Every record is to be transcribed exactly as written.

##########

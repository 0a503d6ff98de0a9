//! Between two events of a run: what comes before the next, and what follows the last.

ghost use Rattle.std.specs.Prelude.{◌≡◌, ◌<◌, ◌^◌, ◌-◌, true, None, is_none, IfErr, OnOk};
ghost use Rattle.ados_launch.specs.{Agreement.{Agrees, IsOpenTable}, Deeds.{RunsLines}};
ghost use Rattle.amishell_execute.specs.{Between.{EndsGathering, GathersOn, writer_view}, Playing.{drive_fault_of}};

use crate::faults::Fault;
use crate::play::Run;
use crate::share::Share;
use crate::trail::{Change, Trail};
use crate::watched::Watched;
use ados_launch::{Session, Sink};
use ados_text::NoMemory;
use ados_world::World;
use std::io::{Eprint, Read};
use std::process::Processes;
use std::rt::Files;
use std::time::Clock;

impl<R: AllocGlobal + Files + Eprint + Processes + Clone + Drop + Clock, I: Read> Run<'_, R, I> {
    // Attends to what comes before an event. What was printed stands before what that may tell, or write to a folder; and it is
    // written if no event is taken.
    #[inline(always)]
    pub fn attend<K: Sink>(
        &mut self,
        world: &mut World,
        session: &mut Session<'_>,
        share: &mut Option<&mut Share>,
        writer: &mut Watched<K>,
    ) -> Result<(), Fault>
        requires writer { K.faults writer.old.inner < 2 ^ 64 - 1 }
        requires count { session.old.schedule.taken < 2 ^ 64 - 1 }
        requires agrees { Agrees world.old self.old.launcher.calls }
        requires children { IsOpenTable session.old.children self.old.launcher.calls }
        ensures agrees { OnOk result (Agrees world.new self.new.launcher.calls) }
        ensures children { IsOpenTable session.new.children self.new.launcher.calls }
        ensures schedule { session.new.schedule ≡ session.old.schedule }
        ensures reader { self.new.reader ≡ self.old.reader }
        ensures ran { RunsLines world.old world.new }
        ensures share { is_none share.new ≡ is_none share.old }
        ensures gathers { OnOk result (GathersOn session.old.gathered session.new.gathered
            (writer_view K.contents K.faults K.stalls writer.old.inner) (writer_view K.contents K.faults K.stalls writer.new.inner)) }
        ensures ends { IfErr result (λ why. EndsGathering (is_none share.old) why session.old.gathered
            (writer_view K.contents K.faults K.stalls writer.old.inner) (writer_view K.contents K.faults K.stalls writer.new.inner)) }
        // Without a shared folder nothing happens but that.
        ensures alone { is_none share.old ≡ true → (world.new ≡ world.old) × (session.new ≡ record session.old { gathered = session.new.gathered })
            × (self.new.launcher ≡ self.old.launcher) }
    {
        if self.may_act(world, session, share) {
            session.release(writer)?;
        }
        match self.act(world, session, share) {
            Ok(()) => Ok(()),
            Err(fault) => {
                session.release(writer)?;
                Err(fault)
            }
        }
    }

    // Before the next event something may be told, or written to a shared folder or read from it.
    #[inline(always)]
    fn may_act(&self, world: &World, session: &Session<'_>, share: &Option<&mut Share>) -> bool
        requires count { session.now.schedule.taken < 2 ^ 64 - 1 }
    {
        if self.checks.are_due()
            && let Some(next) = session.next(world)
            && self.checks.may_tell(world, next)
        {
            return true;
        }
        match share {
            Some(share) => share.may_act(session, world, self.reader.has_brought()),
            None => false,
        }
    }

    // Attends to the time, to a script that begins or is called, and to the shared folder, if there is one.
    #[inline(always)]
    #[tactic(auto, using(crate::proofs::Pairs::lines_stay))]
    fn act(
        &mut self,
        world: &mut World,
        session: &mut Session<'_>,
        share: &mut Option<&mut Share>,
    ) -> Result<(), Fault>
        requires count { session.old.schedule.taken < 2 ^ 64 - 1 }
        requires agrees { Agrees world.old self.old.launcher.calls }
        requires children { IsOpenTable session.old.children self.old.launcher.calls }
        ensures agrees { OnOk result (Agrees world.new self.new.launcher.calls) }
        ensures children { IsOpenTable session.new.children self.new.launcher.calls }
        ensures schedule { session.new.schedule ≡ session.old.schedule }
        ensures gathered { session.new.gathered ≡ session.old.gathered }
        ensures reader { self.new.reader ≡ self.old.reader }
        ensures ran { RunsLines world.old world.new }
        ensures share { is_none share.new ≡ is_none share.old }
        // Without a shared folder nothing happens.
        ensures alone { is_none share.old ≡ true → (world.new ≡ world.old) × (session.new ≡ session.old)
            × (self.new.launcher ≡ self.old.launcher) × IfErr result (λ why. drive_fault_of why ≡ None) }
    {
        if let Some(deadline) = &self.deadline {
            deadline.check(self.rt)?;
        }
        if self.checks.are_due()
            && let Some(next) = session.next(world)
        {
            self.checks.attend(self.rt, world, next)?;
        }
        let Some(share) = share else {
            return Ok(());
        };
        let is_ready = self.reader.has_brought();
        share.attend(self.rt, world, &mut self.launcher, session, is_ready)
    }

    // Follows the shell that had the last event. Mostly nothing changed; otherwise what was printed stands before what is told.
    #[inline(always)]
    pub fn follow<K: Sink>(
        &mut self,
        world: &World,
        session: &mut Session<'_>,
        writer: &mut Watched<K>,
    ) -> Result<(), Fault>
        requires writer { K.faults writer.old.inner < 2 ^ 64 - 1 }
        ensures launcher { self.new.launcher ≡ self.old.launcher }
        ensures reader { self.new.reader ≡ self.old.reader }
        ensures session { session.new ≡ record session.old { gathered = session.new.gathered } }
        ensures gathers { OnOk result (GathersOn session.old.gathered session.new.gathered
            (writer_view K.contents K.faults K.stalls writer.old.inner) (writer_view K.contents K.faults K.stalls writer.new.inner)) }
        ensures ends { IfErr result (λ why. EndsGathering true why session.old.gathered
            (writer_view K.contents K.faults K.stalls writer.old.inner) (writer_view K.contents K.faults K.stalls writer.new.inner)) }
    {
        if writer.trail.is_as_kept(world) {
            return Ok(());
        }
        session.release(writer)?;
        Ok(self.tell(world, session, &mut writer.trail)?)
    }

    // The scripts that ended are told, what began or was not called is to be checked, and once shell 1 has ended it is told which others run.
    fn tell(
        &mut self,
        world: &World,
        session: &Session<'_>,
        trail: &mut Trail,
    ) -> Result<(), NoMemory>
        ensures launcher { self.new.launcher ≡ self.old.launcher }
        ensures reader { self.new.reader ≡ self.old.reader }
    {
        // A script that ended early or broken left one frame fewer: in such an event none begins.
        self.teller
            .tell_ends(self.rt, world, trail, session.reports())?;
        if trail.has_lost_call(world) {
            self.checks.note_lost_call();
        }
        match trail.follow(world)? {
            Change::Begun(number) => self.checks.add_begun(number),
            Change::Ended(1) => self.teller.tell_waiting(self.rt, world, trail),
            Change::Same | Change::Ended(_) => Ok(()),
        }
    }
}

##########

Exercise response:
repository 0a503d6ff98de0a9
//! Between two events of a run: what comes before the next, and what follows the last.

ghost use Rattle.std.specs.Prelude.{◌≡◌, ◌<◌, ◌^◌, ◌-◌, true, None, is_none, IfErr, OnOk};
ghost use Rattle.ados_launch.specs.{Agreement.{Agrees, IsOpenTable}, Deeds.{RunsLines}};
ghost use Rattle.amishell_execute.specs.{Between.{EndsGathering, GathersOn, writer_view}, Playing.{drive_fault_of}};

use crate::faults::Fault;
use crate::play::Run;
use crate::share::Share;
use crate::trail::{Change, Trail};
use crate::watched::Watched;
use ados_launch::{Session, Sink};
use ados_text::NoMemory;
use ados_world::World;
use std::io::{Eprint, Read};
use std::process::Processes;
use std::rt::Files;
use std::time::Clock;

impl<R: AllocGlobal + Files + Eprint + Processes + Clone + Drop + Clock, I: Read> Run<'_, R, I> {
    // Attends to what comes before an event. What was printed stands before what that may tell, or write to a folder; and it is
    // written if no event is taken.
    #[inline(always)]
    pub fn attend<K: Sink>(
        &mut self,
        world: &mut World,
        session: &mut Session<'_>,
        share: &mut Option<&mut Share>,
        writer: &mut Watched<K>,
    ) -> Result<(), Fault>
        requires writer { K.faults writer.old.inner < 2 ^ 64 - 1 }
        requires count { session.old.schedule.taken < 2 ^ 64 - 1 }
        requires agrees { Agrees world.old self.old.launcher.calls }
        requires children { IsOpenTable session.old.children self.old.launcher.calls }
        ensures agrees { OnOk result (Agrees world.new self.new.launcher.calls) }
        ensures children { IsOpenTable session.new.children self.new.launcher.calls }
        ensures schedule { session.new.schedule ≡ session.old.schedule }
        ensures reader { self.new.reader ≡ self.old.reader }
        ensures ran { RunsLines world.old world.new }
        ensures share { is_none share.new ≡ is_none share.old }
        ensures gathers { OnOk result (GathersOn session.old.gathered session.new.gathered
            (writer_view K.contents K.faults K.stalls writer.old.inner) (writer_view K.contents K.faults K.stalls writer.new.inner)) }
        ensures ends { IfErr result (λ why. EndsGathering (is_none share.old) why session.old.gathered
            (writer_view K.contents K.faults K.stalls writer.old.inner) (writer_view K.contents K.faults K.stalls writer.new.inner)) }
        // Without a shared folder nothing happens but that.
        ensures alone { is_none share.old ≡ true → (world.new ≡ world.old) × (session.new ≡ record session.old { gathered = session.new.gathered })
            × (self.new.launcher ≡ self.old.launcher) }
    {
        if self.may_act(world, session, share) {
            session.release(writer)?;
        }
        match self.act(world, session, share) {
            Ok(()) => Ok(()),
            Err(fault) => {
                session.release(writer)?;
                Err(fault)
            }
        }
    }

    // Before the next event something may be told, or written to a shared folder or read from it.
    #[inline(always)]
    fn may_act(&self, world: &World, session: &Session<'_>, share: &Option<&mut Share>) -> bool
        requires count { session.now.schedule.taken < 2 ^ 64 - 1 }
    {
        if self.checks.are_due()
            && let Some(next) = session.next(world)
            && self.checks.may_tell(world, next)
        {
            return true;
        }
        match share {
            Some(share) => share.may_act(session, world, self.reader.has_brought()),
            None => false,
        }
    }

    // Attends to the time, to a script that begins or is called, and to the shared folder, if there is one.
    #[inline(always)]
    #[tactic(auto, using(crate::proofs::Pairs::lines_stay))]
    fn act(
        &mut self,
        world: &mut World,
        session: &mut Session<'_>,
        share: &mut Option<&mut Share>,
    ) -> Result<(), Fault>
        requires count { session.old.schedule.taken < 2 ^ 64 - 1 }
        requires agrees { Agrees world.old self.old.launcher.calls }
        requires children { IsOpenTable session.old.children self.old.launcher.calls }
        ensures agrees { OnOk result (Agrees world.new self.new.launcher.calls) }
        ensures children { IsOpenTable session.new.children self.new.launcher.calls }
        ensures schedule { session.new.schedule ≡ session.old.schedule }
        ensures gathered { session.new.gathered ≡ session.old.gathered }
        ensures reader { self.new.reader ≡ self.old.reader }
        ensures ran { RunsLines world.old world.new }
        ensures share { is_none share.new ≡ is_none share.old }
        // Without a shared folder nothing happens.
        ensures alone { is_none share.old ≡ true → (world.new ≡ world.old) × (session.new ≡ session.old)
            × (self.new.launcher ≡ self.old.launcher) × IfErr result (λ why. drive_fault_of why ≡ None) }
    {
        if let Some(deadline) = &self.deadline {
            deadline.check(self.rt)?;
        }
        if self.checks.are_due()
            && let Some(next) = session.next(world)
        {
            self.checks.attend(self.rt, world, next)?;
        }
        let Some(share) = share else {
            return Ok(());
        };
        let is_ready = self.reader.has_brought();
        share.attend(self.rt, world, &mut self.launcher, session, is_ready)
    }

    // Follows the shell that had the last event. Mostly nothing changed; otherwise what was printed stands before what is told.
    #[inline(always)]
    pub fn follow<K: Sink>(
        &mut self,
        world: &World,
        session: &mut Session<'_>,
        writer: &mut Watched<K>,
    ) -> Result<(), Fault>
        requires writer { K.faults writer.old.inner < 2 ^ 64 - 1 }
        ensures launcher { self.new.launcher ≡ self.old.launcher }
        ensures reader { self.new.reader ≡ self.old.reader }
        ensures session { session.new ≡ record session.old { gathered = session.new.gathered } }
        ensures gathers { OnOk result (GathersOn session.old.gathered session.new.gathered
            (writer_view K.contents K.faults K.stalls writer.old.inner) (writer_view K.contents K.faults K.stalls writer.new.inner)) }
        ensures ends { IfErr result (λ why. EndsGathering true why session.old.gathered
            (writer_view K.contents K.faults K.stalls writer.old.inner) (writer_view K.contents K.faults K.stalls writer.new.inner)) }
    {
        if writer.trail.is_as_kept(world) {
            return Ok(());
        }
        session.release(writer)?;
        Ok(self.tell(world, session, &mut writer.trail)?)
    }

    // The scripts that ended are told, what began or was not called is to be checked, and once shell 1 has ended it is told which others run.
    fn tell(
        &mut self,
        world: &World,
        session: &Session<'_>,
        trail: &mut Trail,
    ) -> Result<(), NoMemory>
        ensures launcher { self.new.launcher ≡ self.old.launcher }
        ensures reader { self.new.reader ≡ self.old.reader }
    {
        // A script that ended early or broken left one frame fewer: in such an event none begins.
        self.teller
            .tell_ends(self.rt, world, trail, session.reports())?;
        if trail.has_lost_call(world) {
            self.checks.note_lost_call();
        }
        match trail.follow(world)? {
            Change::Begun(number) => self.checks.add_begun(number),
            Change::Ended(1) => self.teller.tell_waiting(self.rt, world, trail),
            Change::Same | Change::Ended(_) => Ok(()),
        }
    }
}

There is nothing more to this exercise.